The costs of failure are so large that the possibility of domestic and eurozone reform must be kept alive, writes Martin Wolf in his FT column. Mr Draghi's leadership of the ECB can help do that. Meanwhile, Mr Monti is in a position to cajole other members, including the Germans, towards reforms.
Will the two Marios – Mario Monti, the new technocratic prime minister of Italy, and Mario Draghi, the still quite new president of the European Central Bank – save the eurozone? No. But individuals can make a difference. These men bring sophisticated pragmatism to the table. Without that, this flawed structure will not survive. Policymakers must be both more cooperative and more flexible. The economic and political costs of a breakdown would be so large that one has to hope for better. Maybe the two Marios will shift policy in a more productive direction.
Two straws float in the wind.
The first is the new long-term refinancing operation, announced by the ECB last month. With banks under fierce funding pressures, the offer of three-year money at the average of the ECB’s benchmark rate (today 1 per cent), without stigma, was one the eurozone’s banks could not refuse. Initial take-up was €489bn for 523 banks. The balance sheet of the ECB is about to explode. This was a bold and cunning move by Mr Draghi and probably the most he could get away with right now.

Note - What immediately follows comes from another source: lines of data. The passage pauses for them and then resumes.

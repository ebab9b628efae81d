//! The check of a whole certificate.

ghost use Rattle.std.specs.Prelude.{◌≡◌, ◌≤◌, ◌+◌, ◌↔◌, IfOk, length, true};
ghost use Rattle.box_specs.specs.declared.certificate.Checked.TheVariants.{Accepted};
ghost use Rattle.box_specs.specs.Meaning.{Means};
ghost use Rattle.box_specs.specs.Span.{lists};
ghost use Rattle.box_specs.specs.Validity.{IsValid, first_failure};
ghost use Rattle.cert_check.specs.Ready.{IsReady};
ghost use Rattle.cert_check.specs.Result.{checked_of, tree_failure};

use crate::grid::count_of;
use crate::list::list_failure;
use crate::marks::{Marks, first_unmarked};
use crate::stance::{Stance, cutoff_of, matched_of};
use crate::walking::walk;
use box_core::{Carrying, Cert, CertLine, Checked, Cutoff, Why};
use std::alloc::{AllocError, Global};

/// The first failure of the lines of the tree, or else of a list against them.
fn tree_failure<L: Carrying>(
    alloc: Global,
    land: &L,
    stance: &Stance,
    lines: &[CertLine],
    meter: &mut L::Meter,
) -> Result<Option<(u32, Why)>, AllocError>
    requires ready { IsReady (L.land land.now) stance.now.cutoff
        (lists stance.now.matched.now) (lists stance.now.listed.now) }
    requires few_matched { length (lists stance.now.matched.now) ≤ 1000000 }
    requires few_listed { length (lists stance.now.listed.now) ≤ 1000000 }
    requires few_lines { length lines.now ≤ 32000000 }
    ensures is { IfOk result (λ failure. failure ≡ tree_failure (L.land land.now) stance.now.cutoff
        (lists stance.now.matched.now) (lists stance.now.listed.now) lines.now) }
    ensures judged { L.judged_count land.now meter.new
        ≤ L.judged_count land.now meter.old + length lines.now }
    ensures fresh { L.fresh_count land.now meter.new ≤ L.fresh_count land.now meter.old + 1 }
{
    let mut marks = Marks {
        passed: vec![in alloc; false; count_of(stance.matched)]?,
        unsure: vec![in alloc; false; count_of(stance.listed)]?,
    };
    let failure = walk(alloc, land, stance, lines, &mut marks, meter)?;
    if failure.is_some() {
        return Ok(failure);
    }
    let failure = first_unmarked(marks.unsure.as_slice(), 4);
    if failure.is_some() {
        return Ok(failure);
    }
    Ok(first_unmarked(marks.passed.as_slice(), 2))
}

/// The first failure of a certificate.
fn first_failure<L: Carrying>(
    alloc: Global,
    land: &L,
    cert: &Cert,
    meter: &mut L::Meter,
) -> Result<Option<(u32, Why)>, AllocError>
    ensures is { IfOk result (λ failure. failure ≡ first_failure (L.land land.now)
        cert.now.claim cert.now.undecided cert.now.lines) }
    ensures judged { L.judged_count land.now meter.new
        ≤ L.judged_count land.now meter.old + length cert.now.lines }
    ensures fresh { L.fresh_count land.now meter.new ≤ L.fresh_count land.now meter.old + 1 }
{
    // For its clause that the landscape is lawful.
    let _top = land.top();
    let matched = matched_of(&cert.claim);
    let failure = list_failure(land, &Cutoff::Never, matched, 2);
    if failure.is_some() {
        return Ok(failure);
    }
    let stance = Stance {
        cutoff: cutoff_of(&cert.claim),
        matched,
        listed: cert.undecided.as_slice(),
    };
    let failure = list_failure(land, &stance.cutoff, stance.listed, 4);
    if failure.is_some() {
        return Ok(failure);
    }
    tree_failure(alloc, land, &stance, cert.lines.as_slice(), meter)
}

/// Accepted where nothing fails, and else refused with the first failure.
fn checked_of(failure: Option<(u32, Why)>) -> Checked
    ensures { result ≡ checked_of failure }
{
    match failure {
        None => Checked::Accepted,
        Some((line, why)) => Checked::Refused { line, why },
    }
}

/// Checks a certificate. It is accepted exactly where it is valid, and then what it claims holds of
/// the plain list of recipes. Else the result is the line of its first failure, and why it fails. At
/// most one box is evaluated afresh, that of all recipes.
pub fn check<L: Carrying>(
    alloc: Global,
    land: &L,
    cert: &Cert,
    meter: &mut L::Meter,
) -> Result<Checked, AllocError>
    ensures is { IfOk result (λ checked. checked ≡ checked_of (first_failure (L.land land.now)
        cert.now.claim cert.now.undecided cert.now.lines)) }
    ensures valid { IfOk result (λ checked. (checked ≡ Accepted) ↔ IsValid (L.land land.now)
        cert.now.claim cert.now.undecided cert.now.lines) }
    ensures means { IfOk result (λ checked. checked ≡ Accepted → Means (L.land land.now)
        cert.now.undecided cert.now.claim) }
    ensures judged { L.judged_count land.now meter.new
        ≤ L.judged_count land.now meter.old + length cert.now.lines }
    ensures fresh { L.fresh_count land.now meter.new ≤ L.fresh_count land.now meter.old + 1 }
{
    // For its clause that the landscape is lawful.
    let _top = land.top();
    let failure = first_failure(alloc, land, cert, meter)?;
    Ok(checked_of(failure))
}
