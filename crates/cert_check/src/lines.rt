//! The lines of a tree, each against its box.

ghost use Rattle.std.specs.Prelude.{◌≡◌, None};
ghost use Rattle.box_specs.specs.declared.certificate.CertLine.TheVariants.{Split};
ghost use Rattle.box_specs.specs.declared.certificate.Why.TheVariants.{BadSplit};
ghost use Rattle.box_specs.specs.Landscape.{IsSound, judgement};
ghost use Rattle.box_specs.specs.Span.{IsWithin, lists};
ghost use Rattle.box_specs.specs.Validity.{is_dear, is_listed, line_fault, splits, unless};
ghost use Rattle.cert_check.specs.Held.{HalvesAreHeld, both_boxes};
ghost use Rattle.cert_check.specs.Ready.{CutoffIsWithin, IsReady, IsSorted};
ghost use Rattle.cert_check.specs.Walk.{AtMostOne, halves_by, is_judged_as, recipe_fault};

use crate::grid::is_before;
use crate::list::index_of;
use crate::stance::Stance;
use box_core::{
    BoxR, Carried, Carrying, CertLine, Cutoff, Judged, Landscape, Why, carried, corner_key,
};
use price_grid::Steps;

/// `None` where a line holds, and else why it does not.
fn unless(holds: bool, why: Why) -> Option<Why>
    ensures { result ≡ unless holds why None }
{
    if holds { None } else { Some(why) }
}

/// Whether the box is too dear.
#[tactic(auto, using(crate::proofs::Parts::corner_within))]
fn is_dear<L: Landscape>(land: &L, cutoff: &Cutoff, part: &BoxR) -> bool
    requires cut_off { CutoffIsWithin (L.land land.now) cutoff.now }
    requires part { IsSound (L.land land.now) part.now }
    ensures { result ≡ is_dear (L.land land.now) cutoff.now part.now }
{
    match cutoff {
        Cutoff::After(recipe) => is_before(land, recipe, &part.lo),
        Cutoff::From(cost) => *cost <= corner_key(land, part).cost,
        Cutoff::Never => false,
    }
}

/// Whether a recipe is listed.
fn is_listed<L: Landscape>(land: &L, listed: &[Steps], steps: &Steps) -> bool
    requires sorted { IsSorted (L.land land.now) (lists listed.now) }
    requires recipe { IsWithin steps.now.items (L.land land.now).top }
    ensures { result ≡ is_listed (lists listed.now) steps.now.items }
{
    index_of(land, listed, steps).is_some()
}

/// Whether a recipe is judged as its line says.
fn is_judged_as(line: CertLine, judged: Judged) -> bool
    ensures { result ≡ is_judged_as line judged }
{
    match line {
        CertLine::Undecided => judged == Judged::Undecided,
        CertLine::Pass => judged == Judged::Pass,
        CertLine::Split { .. } => false,
        CertLine::Limit(_) | CertLine::Fail(_) | CertLine::Dear => false,
    }
}

/// Why a line of one recipe does not hold: the box has several, the recipe is judged otherwise than
/// the line says, or it is not listed.
fn recipe_fault<L: Carrying>(
    land: &L,
    listed: &[Steps],
    whole: &Carried<L::Held>,
    line: CertLine,
    otherwise: Why,
    meter: &mut L::Meter,
) -> Option<Why>
    requires sorted { IsSorted (L.land land.now) (lists listed.now) }
    requires held { L.stands land.now whole.now.held whole.now.part }
    requires part { IsSound (L.land land.now) whole.now.part }
    ensures is { result ≡ recipe_fault
        (is_judged_as line (judgement (L.land land.now) whole.now.part))
        otherwise (lists listed.now) whole.now.part }
    ensures judged { AtMostOne
        (L.judged_count land.now meter.old) (L.judged_count land.now meter.new) }
    ensures fresh { L.fresh_count land.now meter.new ≡ L.fresh_count land.now meter.old }
{
    if !whole.part.is_single() {
        return Some(Why::NotPoint);
    }
    let judged = land.judge_held(&whole.held, &whole.part, meter);
    if !is_judged_as(line, judged) {
        return Some(otherwise);
    }
    unless(is_listed(land, listed, &whole.part.lo), Why::WrongList)
}

/// The halves of a box that is split after `mid` steps of the dye of this number, or why it cannot
/// be.
fn split_at<L: Carrying>(
    land: &L,
    whole: &Carried<L::Held>,
    dye: u8,
    mid: u16,
) -> (Option<Why>, Option<(Carried<L::Held>, Carried<L::Held>)>)
    requires held { L.stands land.now whole.now.held whole.now.part }
    requires part { IsSound (L.land land.now) whole.now.part }
    ensures fault { result.0 ≡ unless (splits whole.now.part dye mid) BadSplit None }
    ensures halves { result.0 ≡ None → both_boxes result.1
        ≡ halves_by whole.now.part (Split dye mid) }
    ensures held { HalvesAreHeld (L.stands land.now) result.1 }
{
    match carried::halves(land, whole, dye, mid) {
        None => (Some(Why::BadSplit), None),
        both => (None, both),
    }
}

/// Why a line does not hold for its box, and the halves of a box that it splits.
pub(crate) fn check_line<L: Carrying>(
    land: &L,
    stance: &Stance,
    whole: &Carried<L::Held>,
    line: CertLine,
    meter: &mut L::Meter,
) -> (Option<Why>, Option<(Carried<L::Held>, Carried<L::Held>)>)
    requires ready { IsReady (L.land land.now) stance.now.cutoff
        (lists stance.now.matched.now) (lists stance.now.listed.now) }
    requires held { L.stands land.now whole.now.held whole.now.part }
    requires part { IsSound (L.land land.now) whole.now.part }
    ensures is { result.0 ≡ line_fault (L.land land.now) stance.now.cutoff
        (lists stance.now.matched.now) (lists stance.now.listed.now) whole.now.part line }
    ensures halves { result.0 ≡ None → both_boxes result.1 ≡ halves_by whole.now.part line }
    ensures held { HalvesAreHeld (L.stands land.now) result.1 }
    ensures judged { AtMostOne
        (L.judged_count land.now meter.old) (L.judged_count land.now meter.new) }
    ensures fresh { L.fresh_count land.now meter.new ≡ L.fresh_count land.now meter.old }
{
    match line {
        CertLine::Split { dye, mid } => split_at(land, whole, dye, mid),
        CertLine::Limit(k) => (unless(land.excludes(k, &whole.part), Why::NotLimit), None),
        CertLine::Fail(j) => (
            unless(
                land.fails_held(&whole.held, j, &whole.part, meter),
                Why::NotFailing,
            ),
            None,
        ),
        CertLine::Dear => (
            unless(is_dear(land, &stance.cutoff, &whole.part), Why::NotDear),
            None,
        ),
        CertLine::Undecided => {
            let fault = recipe_fault(land, stance.listed, whole, line, Why::NotUndecided, meter);
            (fault, None)
        }
        CertLine::Pass => {
            let fault = recipe_fault(land, stance.matched, whole, line, Why::NotPassing, meter);
            (fault, None)
        }
    }
}
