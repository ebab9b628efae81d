//! Checking a certificate: each line of its tree against its box, and the listed recipes against
//! those lines. What an accepted certificate claims holds of the plain list of recipes.
#![tactic(auto)]

mod checking;
mod grid;
pub mod laws;
mod lines;
mod list;
mod marks;
mod stance;
mod waiting;
mod walking;

pub use box_core::{Checked, Why};
pub use checking::check;
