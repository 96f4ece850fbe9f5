//! What a gate says about a change.
ghost use Rattle.std.specs.Prelude.{◌≡◌};
ghost use Rattle.sarif_scope.specs.Gate as said;

use sarif_change::Scope;

/// What a gate says about the change of a diff.
#[derive(Clone, Copy, Debug, PartialEq, Eq)]
pub struct ChangeFacts {
    /// How many files the diff changes.
    pub files: u64,
    /// How many lines its hunks add.
    pub lines: u64,
    /// How many results would be hits without the change, and aren't inside.
    pub outside: u32,
    /// How many results would be reported without the change, and aren't inside: these, and those below the level of
    /// hits. The gate doesn't name them.
    pub unreported: u32,
    /// What of a changed file is treated as changed.
    pub scope: Scope,
}

/// Returns the name of a scope, as the option `--diff-scope` has it.
pub fn scope_name(scope: Scope) -> &'static str
    ensures { result.now ≡ said.scope_name scope }
{
    match scope {
        Scope::Lines => "lines",
        Scope::Files => "files",
    }
}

Cheap longer-term central-bank funding should help stabilise the eurozone financial system. Whether it will also stabilise sovereign debt markets is far less clear. Most European banks are likely to resist purchasing the debt of riskier sovereigns, given the pressure from the European Banking Authority to raise the capital they hold. But the domestic banks might make different decisions, probably under pressure. That would help fund vulnerable governments, but also increase the concentration of risk in domestic banks.
A second straw is the willingness of Mario Monti to argue, in an interview with the Financial Times, for creditor countries to do more to lower his country’s borrowing costs, even warning there would be a “powerful backlash” among voters in the periphery if they did not. Mr Monti is in a strong position to make this argument. If not him, who? If not now, when? He is a well-respected official with staunchly pro-European views and a strong sympathy for German attitudes to competition and fiscal and monetary stability. Upon his success is likely to depend the survival of the euro, at least in its current form. His failure would surely bring the deluge.
Messrs Draghi and Monti are addressing two interlinked fragilities: the vulnerability of the banking system and the unsustainable terms on which weaker countries can now borrow. But they cannot resolve these difficulties. For that more radicalism is required than either can deliver, on his own.